(Data)
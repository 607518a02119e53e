//! Numbers of cases.

use std::alloc::Global;
use udb_base::NoMemory;

/// A number, in hexadecimal behind `0x`; 0 where the text is none.
pub fn number_of(text: &str) -> u64 {
    match text.strip_prefix("0x") {
        Some(digits) => u64::from_str_radix(digits, 16).unwrap_or(0),
        None => text.parse::<u64>().unwrap_or(0),
    }
}

fn digit_of(letter: char) -> u8 {
    match letter.to_digit(16) {
        Some(digit) => (digit % 16) as u8,
        None => 0,
    }
}

/// The bytes that pairs of hexadecimal digits write, in the order of the text.
pub fn bytes_of(alloc: Global, text: &str) -> Result<Vec<u8>, NoMemory> {
    let mut bytes = Vec::new(alloc);
    let mut high: Option<u8> = None;
    for letter in text.chars() {
        let digit = digit_of(letter);
        match high {
            Some(first) => {
                bytes.push(first % 16 * 16 + digit % 16)?;
                high = None;
            }
            None => high = Some(digit),
        }
    }
    Ok(bytes)
}
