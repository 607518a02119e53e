//! Small worlds for programs of cases: spaces, configurations, CSRs with their fields, functions and
//! bodies, and states, made from short texts.
#![tactic(auto)]

mod bodies;
mod conds;
mod csrs;
mod fulls;
mod numbers;
mod spaces;
mod states;

pub use bodies::{body_of, functions_of, variables_of};
pub use conds::cond_of;
pub use csrs::{csrs_of, shipped_csrs};
pub use fulls::full_of;
pub use numbers::{bytes_of, number_of};
pub use spaces::space_of;
pub use states::state_of;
(End Data)
## Directions for this task
All of the data above should be reproduced exactly, with nothing left out.

## Task solution
repository 607518a02119e53e
//! Numbers of cases.

use std::alloc::Global;
use udb_base::NoMemory;

/// A number, in hexadecimal behind `0x`; 0 where the text is none.
pub fn number_of(text: &str) -> u64 {
    match text.strip_prefix("0x") {
        Some(digits) => u64::from_str_radix(digits, 16).unwrap_or(0),
        None => text.parse::<u64>().unwrap_or(0),
    }
}

fn digit_of(letter: char) -> u8 {
    match letter.to_digit(16) {
        Some(digit) => (digit % 16) as u8,
        None => 0,
    }
}

/// The bytes that pairs of hexadecimal digits write, in the order of the text.
pub fn bytes_of(alloc: Global, text: &str) -> Result<Vec<u8>, NoMemory> {
    let mut bytes = Vec::new(alloc);
    let mut high: Option<u8> = None;
    for letter in text.chars() {
        let digit = digit_of(letter);
        match high {
            Some(first) => {
                bytes.push(first % 16 * 16 + digit % 16)?;
                high = None;
            }
            None => high = Some(digit),
        }
    }
    Ok(bytes)
}
repository 607518a02119e53e
//! Small worlds for programs of cases: spaces, configurations, CSRs with their fields, functions and
//! bodies, and states, made from short texts.
#![tactic(auto)]

mod bodies;
mod conds;
mod csrs;
mod fulls;
mod numbers;
mod spaces;
mod states;

pub use bodies::{body_of, functions_of, variables_of};
pub use conds::cond_of;
pub use csrs::{csrs_of, shipped_csrs};
pub use fulls::full_of;
pub use numbers::{bytes_of, number_of};
pub use spaces::space_of;
pub use states::state_of;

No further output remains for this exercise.